The importance of Autonomy

Self-driving delivery robot companies like Neolix, Nuro and Starship etc. Have significantly gained in traction during the pandemic. These types of companies have scaled up manufacturing and are rolling out autonomous technology for last mile delivery on the streets helping to maintain the profitability of delivery companies.

The current delivery robot sizes vary as companies experiment to find their sweet spot, product-market fit and consumer acceptance. There are smaller robots that navigate the pavement and carry about 5 kgs payload. There are medium sized moving vending machines. There are larger ones – the size of a small van - fitted for delivery of groceries or parcels. While it’s not certain today, which exact type(s) will reach the best acceptance by both municipalities and end-customers, we can state that the last mile delivery robots will rely on vehicle autonomy and remote operation technology.

More than the hardware, mastering the AV-stack - AV stands for Autonomous Vehicle - is the key for effectively delivering the benefits of autonomous logistics. The advantage of the AV-stack is that it delivers substantial value in terms of cost reduction and reliability. A company with concrete vision to get to autonomous moving robots in the streets, will deliver most of the value in costs and reliability. While quite some start-ups strive towards develop this software, stable progress can be only be measured by collecting data and testing the AV-stack in real-life (street) situations.

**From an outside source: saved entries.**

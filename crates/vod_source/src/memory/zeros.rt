//! A room for loans past the end of a text.
ghost use Rattle.std.specs.Prelude.{◌≡◌, ◌≤◌, IfOk, vec_capacity};
ghost use Rattle.vod_source.specs.Memory.{zero_filled};

/// Fills a room with `n` bytes of a text from a place on, and with 0 past the text's end.
pub fn refill(room: &mut Vec<u8>, text: &[u8], at: usize, n: usize)
    requires { n ≤ vec_capacity room.old }
    ensures bytes { room.new.items ≡ zero_filled text.now at n }
    ensures capacity { vec_capacity room.old ≤ vec_capacity room.new }
{
    let rest = &text[at.min(text.len())..];
    let part = &rest[..rest.len().min(n)];
    room.clear();
    let _ = room.extend_from_slice(part);
    let _ = room.resize(n, 0);
}
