//! A sink in memory that grows.
ghost use Rattle.std.specs.Prelude.{◌≡◌, ◌++◌, Some, is_ok, is_err, if◌then◌else◌};
ghost use Rattle.vod_source.specs.Causes.{HasCause};
ghost use Rattle.vod_source.specs.Memory.{raised};

use crate::{Sink, SinkFailed};
use std::marker::Model;

/// Bytes in memory that grow as they are written.
///
/// A `put` fails for want of memory alone, and then writes nothing. Bytes within the capacity of the `Vec` need none.
#[derive(Drop)]
pub struct VecSink {
    bytes: Vec<u8>,
    faults: u64,
}

impl Model for VecSink {
    ghost use Rattle.vod_source.specs.Memory.{VecSinkValue};

    ghost Value = { VecSinkValue };

    ghost view = { λ a. record { bytes = a.bytes.items; faults = a.faults } };
}

impl VecSink {
    /// A sink that writes behind these bytes.
    pub fn new(bytes: Vec<u8>) -> Self
        ensures { result ≡ record { bytes = bytes.items; faults = 0 } }
    {
        VecSink { bytes, faults: 0 }
    }

    /// What was written.
    pub fn bytes(&self) -> &[u8]
        ensures { result.now ≡ self.now.bytes }
    {
        &self.bytes
    }

    /// What was written, as a `Vec`.
    pub fn into_vec(self) -> Vec<u8>
        ensures { result.items ≡ self.bytes }
    {
        let VecSink { bytes, faults: _ } = self;
        bytes
    }
}

impl Sink for VecSink {
    ghost kept = { λ _. tt };

    ghost written = { λ s. Some s.bytes };

    ghost faults = { λ s. s.faults };

    fn put(&mut self, piece: &[u8]) -> Result<(), SinkFailed>
        ensures put { self.new.bytes ≡ (if is_ok result then self.old.bytes ++ piece.now else self.old.bytes) }
        ensures counted { self.new.faults ≡ (if is_err result then raised self.old.faults else self.old.faults) }
        ensures cause { HasCause self.old.faults self.new.faults result }
    {
        match self.bytes.extend_from_slice(piece) {
            Ok(()) => Ok(()),
            Err(_) => {
                self.faults = self.faults.saturating_add(1);
                Err(SinkFailed)
            }
        }
    }
}
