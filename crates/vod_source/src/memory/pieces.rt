//! Input in pieces.
ghost use Rattle.std.specs.Prelude.{◌≡◌, ◌<◌, ◌≤◌, ◌++◌, length, min, take, drop};
ghost use Rattle.vod_source.specs.Memory.{skipped, cut, first_piece, pieces_in};

use std::marker::Model;

/// Pieces of bytes. The first has lost its first `at` bytes.
#[derive(Drop)]
pub struct Pieces {
    pieces: Vec<Vec<u8>>,
    at: usize,
}

impl Model for Pieces {
    ghost use Rattle.std.specs.Prelude.{ℕ, List};
    ghost use Rattle.vod_source.specs.Memory.{cut, pieces_in};

    ghost Value = { List (List ℕ) };

    ghost view = { λ a. cut a.at (pieces_in a.pieces.items) };
}

impl Pieces {
    /// All of these pieces.
    pub fn new(pieces: Vec<Vec<u8>>) -> Self
        ensures { result ≡ cut 0 (pieces_in pieces.items) }
    {
        Pieces { pieces, at: 0 }
    }

    /// Takes bytes from the first piece that isn't empty into the front of the room, and how many. None are taken only
    /// where there is no such piece.
    pub fn take(&mut self, room: &mut [u8]) -> usize
        requires { 0 < length room.old }
        ensures count { result ≡ min (length room.new) (length (first_piece (skipped self.old))) }
        ensures bytes { take result room.new ≡ take result (first_piece (skipped self.old)) }
        ensures left { self.new ≡ cut result (skipped self.old) }
    {
        skip(&mut self.pieces, &mut self.at);
        match self.pieces.first() {
            None => 0,
            Some(piece) => {
                let n = copy_front(&piece[self.at..], room);
                self.at += n;
                n
            }
        }
    }
}

// Copies as many bytes as both have, and how many.
fn copy_front(from: &[u8], to: &mut [u8]) -> usize
    ensures count { result ≡ min (length from.now) (length to.old) }
    ensures copied { to.new ≡ take result from.now ++ drop result to.old }
{
    let n = from.len().min(to.len());
    to[..n].copy_from_slice(&from[..n]);
    n
}

// Drops pieces that are used up from the front.
fn skip(pieces: &mut Vec<Vec<u8>>, at: &mut usize)
    ensures left { cut at.new (pieces_in pieces.new.items) ≡ skipped (cut at.old (pieces_in pieces.old.items)) }
    ensures within { at.new ≤ length (first_piece (pieces_in pieces.new.items)) }
{
    while !pieces.is_empty() && *at >= pieces[0].len() {
        let _ = pieces.remove(0);
        *at = 0;
    }
    if pieces.is_empty() {
        *at = 0;
    }
}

EU governments have been fast to cope with the rapidly raising demands by targeting a pro- autonomous delivery company legal framework for mid of 2021. As legislation in the automotive industry is targeting L4 in 2022, the autonomous robotic will be the first to hit the road in EU - as already happened in China and USA.

Teraki as key provider of the robotics AV-stack

At Teraki, our priority is to process all types of sensor data and from this distill deterministic conclusions directly at the edge. This keeps the material costs (in terms of processing and sensors used) low, while reducing the total data needed to be processed for route planning and critical decision making. Consequently, this lowers latency and improves battery performance – leading to longer operational deployments. Thirdly, this enables better mapping (for a robot to orient itself in its environment) and better Remote Control (for a human at a distance to temporarily take over the control of the robot). The Teraki software technology enables up to 150x times more cost-efficient model-training while preserving perception accuracies up to 20-30% better than standard technology stacks. As such it is key for the scalable operation of a larger fleet of robot delivery schemes.

As such Teraki has been supporting the more scalable roll-out of delivery robot deployments in the US and Asia. Currently it is looking to support first local supermarket and delivery service brands in the EU with their own delivery robot applications.

… and soon to be seen in action

As prelude of the forecast that “70-80% of last-mile deliveries will be autonomous by 2025”, one can see the first delivery robots in action in the streets. So far mostly in Asia. However, driven by the above three challenges: 1) social distancing, 2) crowded and polluted city centers and 3) cost competitiveness, many companies start or plan to start first deployments in limited areas.